Except that the timescales are all wrong.

“However, based on Antarctic ice core data, changes in CO2 follow changes in temperatures by about 600 to 1000 years”

From what I understand that’s essentially the uncertainty or resolution in the data. In any case, there should be no discernible lead or lag in either situation.

> The temperature response appears to be linear to an exponential increase in CO2 levels. Therefore there is no evidence of any positive climate feedback to CO2. Instead it is far more likely to be a negative feedback.

I’m pretty sure you’re using a different definition of “feedback” from what climate scientists are talking about.

If we are using standard engineering terms, and we’re simply talking about the response of surface temperature to forcing, we know via the Stefan-Boltzmann equation that there is [i]overall[/i] a net negative feedback. Meaning: if we increase the amount of thermal energy a planet’s surface is receiving, then the temperature will increase, and the outgoing radiation will increase. Iterate the math a few times, and the system will stabilize at some new temperature. Because the system stabilizes, that’s a negative feedback – the outgoing radiation serves to counteract the increase in temperature, and a ramp-up of temperature leads to an even greater ramp-up of rate of heat loss (and similarly for a decrease in temperature leading to an even greater decrease in rate of heat loss).

A positive feedback would lead to the opposite result: an increase in temperature would then lead to a *decrease* in the rate of heat loss, which would then lead to a greater temperature increase, and then heat would be retained even more easily, and so on, until temperature goes to infinity. (Or, similarly, if temperature decreases, until it drops below 0K). That’s clearly not what happens. Physics doesn’t allow temperature to go to +/- infinity. And so it’s already widely known that there is, overall, a net negative feedback in climate systems; any increase or decrease in temperature will be restrained, not amplifying itself to infinity. The actual physical law governing this is the Stefan-Boltzmann law. And this law is what produces the logarithmic relationship between a climate forcing and the temperature response.

When climate scientists are talking about “positive feedback” or “negative feedback”, they’re talking about something else; they’re talking about the feedback if we *ignore* the Stefan-Boltzmann feedback. They’re talking about [i]the rest[/i] of the potential feedbacks in the system: whether these amplify the initial forcing or not.

An example would be water vapor: water vapor is a potent greenhouse gas, and colder air holds more water vapor, so if something else pushes the climate to cool, then there’s less water vapor in the air, which means less heat retained still, and temperatures drop further. Which means: the final temperature response to the initial forcing will be greater than you’d expect if you weren’t considering water vapor. This is just an example; there are both positive and negative feedbacks.

Not counting any feedbacks, the amount of warming we’d expect from a doubling of CO2 would be about 1.1C. Note that this is still a logarithmic response! I.e., if CO2 doubles, temperature goes up by +X amount. That logarithmic response holds even when we have *zero* feedback.

The positive feedback that climate scientists generally expect is (roughly) +3C for a doubling of CO2. Again, note the logarithmic response!

So… saying “hey, there’s a logarithmic response, so the feedbacks are negative” is definitely, definitely wrong. It’s implicitly using the engineer’s definition of feedbacks, rather than the climate science definition of feedback. When climate scientists talk about positive feedbacks, they, too, are still expecting a logarithmic relationship between CO2 and temperatures! Pointing out that relationship does *not* imply that feedbacks are negative. It is the *amount* of equilibrium temperature change for a doubling of CO2 that shows whether the feedbacks are positive or not. Greater than +1.1C/2xCO2 is a positive feedback; lower than +1.1C/2xCO2 is a negative feedback.

And yes, currently we’re seeing more than +1.1C for a doubling of CO2. The observed temperature feedback is positive.
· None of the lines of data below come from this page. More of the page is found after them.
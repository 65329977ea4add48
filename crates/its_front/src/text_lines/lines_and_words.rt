//! Lines and words.
ghost use Rattle.std.specs.Prelude.{◌≡◌, ◌∷◌, ◌++◌, [], ◌<◌, ◌==◌, length, position, if◌then◌else◌, IfOk, OnOk};
ghost use Rattle.its_front.specs.text_lines.LinesAndWords.{parts, lines_of, is_word, words_of};

use list_views::{Bytes, Seq};
use std::alloc::{AllocError, Global};

/// Where the first `at` stands.
fn place_of(at: u8, bytes: &[u8]) -> Option<usize>
    ensures { result ≡ position (λ b. b == at) bytes.now }
{
    bytes.iter().position(|b| *b == at)
}

/// The bytes up to the first `at`, and those behind it.
#[tactic(auto, using(crate::proofs::Divided::parts_at, crate::proofs::Divided::one_part))]
fn first_part(at: u8, bytes: &[u8]) -> (&[u8], &[u8])
    requires { 0 < length bytes.now }
    ensures part { parts at bytes.now ≡ result.0.now ∷ parts at result.1.now }
    ensures shorter { length result.1.now < length bytes.now }
{
    match place_of(at, bytes) {
        Some(end) => {
            let (part, rest) = bytes.split_at(end);
            let (_, rest) = rest.split_at(1);
            (part, rest)
        }
        None => {
            let (part, rest) = bytes.split_at(bytes.len());
            (part, rest)
        }
    }
}

/// The bytes between the ones that are `at`.
fn parts(alloc: Global, at: u8, bytes: &[u8]) -> Result<Seq<Bytes<'_>>, AllocError>
    ensures { IfOk result (λ found. found ≡ parts at bytes.now) }
{
    let mut found = Seq::new(alloc);
    let mut rest = bytes;
    while !rest.is_empty() {
        let (part, after) = first_part(at, rest);
        found.push(Bytes::new(part))?;
        rest = after;
    }
    Ok(found)
}

/// The lines of a text, each ended by a newline, which the last may lack. Nothing is copied.
///
/// # Errors
///
/// Want of memory.
pub fn lines(alloc: Global, text: &[u8]) -> Result<Seq<Bytes<'_>>, AllocError>
    ensures { IfOk result (λ lines. lines ≡ lines_of text.now) }
{
    parts(alloc, b'\n', text)
}

/// Puts a part of a line behind the words, where it is one.
fn push_word<'a>(words: &mut Seq<Bytes<'a>>, part: &'a [u8]) -> Result<(), AllocError>
    ensures { OnOk result (words.new ≡ (if is_word part.now then words.old ++ part.now ∷ [] else words.old)) }
{
    if part.is_empty() {
        return Ok(());
    }
    words.push(Bytes::new(part))?;
    Ok(())
}

/// The words of a line, divided by spaces. Nothing is copied.
///
/// # Errors
///
/// Want of memory.
pub fn words(alloc: Global, line: &[u8]) -> Result<Seq<Bytes<'_>>, AllocError>
    ensures { IfOk result (λ words. words ≡ words_of line.now) }
{
    let mut words = Seq::new(alloc);
    let mut rest = line;
    while !rest.is_empty() {
        let (part, after) = first_part(b' ', rest);
        push_word(&mut words, part)?;
        rest = after;
    }
    Ok(words)
}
PS – if you’re going to check that for yourself, make sure you draw the distinction between the equilibrium climate response to a forcing, versus the transient climate response. The final temperature response lags the forcing, as it takes a while for a planet to heat up.

I completely agree with what you wrote. Sorry if I implied otherwise. My point was rather that so far the observed warming can be explained only as a direct consequence of CO2 forcing. Therefore TCR looks likely to be around 1.4C.

The other effects like Increased humidity and clouds and melting ice caps etc may also affect the final Value of ECS. I am just saying that so far in 2022 it seems to just follow CO2 forcing alone.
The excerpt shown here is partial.